I also wonder whether the people you’re around influence your ability to predict what’s next. On one hand, it’s a well-established fact in social science that many social trends, at least in the US (things like marriage and divorce rates, educational trends, changing attitudes around dating, purchasing behaviors), start in the upper-middle classes, as they have the numbers (population) to make real differences in buying habits, politics, etc., whereas the rich have more money but much smaller population. On the other hand, the lower classes in the US vastly outnumber what I’d consider a typical HN reader.
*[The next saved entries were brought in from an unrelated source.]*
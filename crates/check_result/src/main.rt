//! check_result HOUR PUBLISHED: says whether a published result of an hour stands.
#![tactic(auto)]

use anyhow::anyhow;
use clap::{Arg, ArgAction, ArgMatches, Command};
use office::{
    Answer, Fault, First, Second, Status, Trouble, VERSION, check_published, end, end_answer,
    end_call, words,
};
use std::alloc::{AllocError, Global};
use std::io;
use std::process::ExitCode;

const PROGRAM: &str = "check_result";

fn command<'a>(heap: Global) -> Result<Command<'a>, AllocError> {
    let hour = Arg::new(heap, "HOUR")
        .required(true)
        .action(ArgAction::Set)
        .help("The file of the hour; - is standard input");
    let published = Arg::new(heap, "PUBLISHED")
        .required(true)
        .action(ArgAction::Set)
        .help("The file of the result as it was published; - is standard input");
    Command::new(heap, PROGRAM)
        .version(VERSION)
        .about(
            "Says whether a published result of an hour stands. Status: 0 it stands, 1 it does not, 2 trouble.",
        )
        .arg(hour)?
        .arg(published)
}

// The hour is open already; what is published is opened once the hour is read and closed.
fn check_opened(rt: &HostRuntime, hour: &First, published: &str) -> Result<Answer, Fault> {
    let mut first = hour;
    let mut second = Second {
        rt,
        name: published,
        first: hour,
        source: None,
    };
    check_published(rt.alloc(), &mut first, &mut second, &mut io::writer(rt))
}

fn check(rt: &HostRuntime, found: &ArgMatches<'_>) -> Result<Status, Trouble> {
    let hour = found.get_str("HOUR").unwrap_or("-");
    let published = found.get_str("PUBLISHED").unwrap_or("-");
    if hour == "-" && published == "-" {
        return Err(Trouble::from(anyhow!(
            "the hour and what was published cannot both come from standard input"
        )));
    }
    let opened = First::open(rt, hour)?;
    match check_opened(rt, &opened, published) {
        Ok(answer) => Ok(end_answer(rt, PROGRAM, answer)),
        Err(fault) => Err(Trouble::from(fault).named(rt.alloc(), hour, published)),
    }
}

fn run(rt: &HostRuntime) -> Result<Status, Trouble> {
    let words = words(rt)?;
    match command(rt.alloc())?.try_get_matches_from(words.as_slice()) {
        Ok(found) => check(rt, &found),
        Err(error) => Ok(end_call(rt, error)?),
    }
}

fn main(rt: HostRuntime) -> ExitCode {
    end(&rt, PROGRAM, run(&rt))
}

#[cfg(test)]
mod tests;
Something like 70% of US adults don’t even have a bachelor’s degree, and the US median income for an individual is around $40K. Keep that in mind as you think about this stuff.

.. One of the things I find most striking when watching old movies is the general attitude of people toward tech.

If you look at movies from the 70s and 80s, conspicuous display of tech was common. Look at stereo systems of the time, and how people treated mobile phones (they were huge and conspicuously displayed). This partially echoes the “machine age” [1] of the early 20th century, a a time when tech was seen as “modern” and a force for progress.

Whereas these days, we want things to be light, invisible, and out of the way. That’s a major change in attitude.

I actually feel we might see fewer “screens” in the next few years if the combination of voice and AI becomes powerful enough that most things can be done by voice or thought. I think more and more decision-making (things like which plane to book/flight to take/etc) will be made by automated systems that know our preferences and we’ll be picking from fewer and fewer menus. Sort of like a human assistant, but available to the masses and more accurate. Google’s Duplex is a big step in this direction. The key is ceding more decision-making authority to software.

In any case, I wouldn’t be surprised if we all just have earphones, either over-the-ear, or implanted in our heads, in 15 years. The broader theme is that I think we’ll want things to be invisible rather than visible.

I also think you’re right that the rich will want less of this stuff. There’s already a huge socioeconomic difference in how people use tech. Look at how a rich family eats in the US today vs. a poor family. Rich families put their phones away, poor families spend the entire dinner posting stuff on Snap. Just walk into a burger king vs. a fine dining restaurant to see that trend in action.